With dials, gauges, pipes and pumps, the heart-lung machine is a plumber's paradise. The machine keeps people alive while their hearts and lungs are being replaced.
Things get complicated while the surgeons connect the heart to its plumbing.
installation requires special tools, some knowledge
8:40 a.m. Orange wires are emplaced on the new heart and connected to an external pacemaker. The device will ensure that the new heart beats quickly enough; it will be removed in a week or so if all goes well.
8:45 a.m. After an erratic start, the new heart starts beating inside a new body. Although it's not yet pumping blood, the beats get stronger and more organized with each passing minute.
9:15 a.m. The clamps are off, and the new heart is beating regularly, supplying blood to a body that has wanted a good blood supply for years.
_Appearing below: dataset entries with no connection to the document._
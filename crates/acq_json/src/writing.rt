//! A message as a line of JSON.

ghost use Rattle.std.specs.Prelude.{◌≡◌, ◌++◌, ◌∷◌, [], IfOk, codes, decimal};
ghost use Rattle.json.specs.Json as json;
ghost use Rattle.json.specs.Token.{key, string};
ghost use Rattle.json.specs.Tree.{json_tokens};
ghost use Rattle.iso_codec.specs.Message.{IsMessage};
ghost use Rattle.iso_codec.specs.FaultPlaces.{fault_place};
ghost use Rattle.iso_codec.specs.FaultTexts.{number_of_fault, element_of_fault, text_of_fault};
ghost use Rattle.iso_codec.specs.Reading.{reading_of};
ghost use Rattle.acq_json.specs.Written.{Puts, characters, content_in, elements_json, fault_json};
ghost use Rattle.acq_json.specs.Written.{is_masked, json_line, line_of, message_json};
ghost use Rattle.acq_json.specs.Written.{reading_json};

use crate::card_form::CardForm;
use crate::members::{put_bytes, put_number, put_text};
use acq_show::put_content;
use iso_codec::{DecodeFault, Message, decode, fault_place};
use itoa::Buffer;
use json::Writer;
use std::alloc::{AllocError, Global};

/// The elements of the profile have numbers from 2 to 128.
const LAST_ELEMENT: u8 = 128;

/// The line of a message, which is given without the link's two bytes of length: a JSON object of
/// its type and its elements; or of the fault of what spells no message, and its place. It ends in
/// a line feed.
#[tactic(auto, unfolding(crate::specs::Written::json_line))]
pub fn json_of_message(alloc: Global, message: &[u8], form: CardForm) -> Result<Vec<u8>, AllocError>
    ensures { IfOk result (λ line. line.items ≡ json_line form message.now) }
{
    let mut writer = Writer::new(Vec::new(alloc));
    put_reading(alloc, &mut writer, message, form)?;
    let mut line = writer.into_inner();
    line.push(b'\n')?;
    Ok(line)
}

/// The line of fault 0, of no message, in these words.
pub(crate) fn json_of_fault(alloc: Global, words: &str) -> Result<Vec<u8>, AllocError>
    ensures { IfOk result (λ line. line.items ≡ line_of (fault_json 0 0 0 words.now)) }
{
    let mut writer = Writer::new(Vec::new(alloc));
    put_fault(&mut writer, 0, 0, 0, words)?;
    let mut line = writer.into_inner();
    line.push(b'\n')?;
    Ok(line)
}

/// Puts what a text reads as.
fn put_reading(
    alloc: Global,
    writer: &mut Writer,
    text: &[u8],
    form: CardForm,
) -> Result<(), AllocError>
    ensures { Puts result writer.old writer.new
        (json_tokens (reading_json form text.now (reading_of text.now))) }
{
    let fault = match decode(alloc, text) {
        Ok(message) => return put_message(alloc, writer, &message, form),
        Err(fault) => fault,
    };
    match fault {
        DecodeFault::Memory => Err(AllocError),
        _ => put_text_fault(alloc, writer, fault, fault_place(text, fault)),
    }
}

/// Puts the object of a message.
fn put_message(
    alloc: Global,
    writer: &mut Writer,
    message: &Message,
    form: CardForm,
) -> Result<(), AllocError>
    requires { IsMessage message.now }
    ensures { Puts result writer.old writer.new (json_tokens (message_json form message.now)) }
{
    writer.begin_object()?;
    put_bytes(alloc, writer, "type", &message.kind())?;
    writer.key("elements")?;
    put_elements(alloc, writer, message, form)?;
    writer.end_object()
}

/// Puts the object of a message's elements.
fn put_elements(
    alloc: Global,
    writer: &mut Writer,
    message: &Message,
    form: CardForm,
) -> Result<(), AllocError>
    requires { IsMessage message.now }
    ensures { Puts result writer.old writer.new
        (json_tokens (json.object (elements_json form message.now.elements))) }
{
    writer.begin_object()?;
    for number in 2..LAST_ELEMENT + 1 {
        if let Some(content) = message.get(number) {
            put_element(alloc, writer, number, content, form)?;
        }
    }
    writer.end_object()
}

/// Puts the member of an element.
fn put_element(
    alloc: Global,
    writer: &mut Writer,
    number: u8,
    content: &[u8],
    form: CardForm,
) -> Result<(), AllocError>
    ensures { Puts result writer.old writer.new (key (decimal number)
        ∷ string (characters (content_in form number content.now)) ∷ []) }
{
    let mut digits = Buffer::new();
    let name = digits.format(number);
    match form {
        CardForm::Masked if is_masked(number) => {
            let mut shown = Vec::new(alloc);
            put_content(&mut shown, number, content)?;
            put_bytes(alloc, writer, name, shown.as_slice())
        }
        _ => put_bytes(alloc, writer, name, content),
    }
}

/// Whether a card can be used by what an element says.
fn is_masked(number: u8) -> bool
    ensures { result ≡ is_masked number }
{
    matches!(number, 2 | 35 | 45 | 52 | 55)
}

/// Puts the object of a text's fault.
fn put_text_fault(
    alloc: Global,
    writer: &mut Writer,
    fault: DecodeFault,
    place: usize,
) -> Result<(), AllocError>
    ensures { Puts result writer.old writer.new (json_tokens (fault_json (number_of_fault fault)
        (element_of_fault fault) place (text_of_fault fault))) }
{
    let words = format!(in alloc; "{fault}")?;
    put_fault(
        writer,
        u64::from(fault.number()),
        u64::from(fault.element()),
        place as u64,
        words.as_str(),
    )
}

/// Puts the object of a fault: its number, its element and its place, and the fault in words.
fn put_fault(
    writer: &mut Writer,
    fault: u64,
    element: u64,
    place: u64,
    words: &str,
) -> Result<(), AllocError>
    ensures { Puts result writer.old writer.new
        (json_tokens (fault_json fault element place words.now)) }
{
    writer.begin_object()?;
    put_number(writer, "fault", fault)?;
    put_number(writer, "element", element)?;
    put_number(writer, "at", place)?;
    put_text(writer, "text", words)?;
    writer.end_object()
}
Despite just 90 minutes' sleep the night before, Starkey drops back in to check on his patient.
9:27 a.m. Reynolds starts sweating; his temperature passes 34 ° C. With the tension in the room receding, Sanju Balaram, the cardiac surgery fellow who helped Cochran, allows that "cutting a heart out and replacing it is not that hard." The hard part, she says, is deciding when a patient is sick enough to transplant -- and controlling the immune system afterwards. Indeed, downgrading the immune attack on the new heart (which is, after all, a foreign body) is critical. The goal is to dampen the immune response without shutting it down entirely, which would expose the patient to opportunistic infections like those that afflict AIDS patients. Most heart transplant patients take dozens of pills a day after the surgery. Later, Starkey, in an interview, notes that anti-rejection meds are adjusted after the operation to find a fine line of reduced but effective immune function.
9:50 a.m. The new heart "looks good," says Cochran, stretching his back after more than four hours of surgery. Mary Jensen, an OR nurse, wonders that surgeons can stay focused and on their feet for 10 to 12 hours at a time when it's needed. "I don't know how they do it," she says. The next hour is devoted to mop-op operations. Counting sponges. Removing tubes. Cauterizing bleeds. Installing tubes to allow the exit of blood and fluids, which will be removed in a week or so.
10:43 a.m. The spreader clamp is removed and heavy stainless-steel wires are passed between the ribs to rejoin Reynolds's sternum.
Forget nylon thread -- to sew the breastbone together, surgeons use heavy stainless steel wire. Wrinkles on skin are from the protective plastic coating placed before surgery.
The wire-twisting is akin to the way a farmer's builds fences, but it does pull the chest together and seize it tight.
11:15 a.m. The wires are twisted, and stitching of the skin begins. The operation has closed, in several senses, a gaping wound.
Chuck is still completely anaesthetized, but he has a new heart, and it's pumping blood.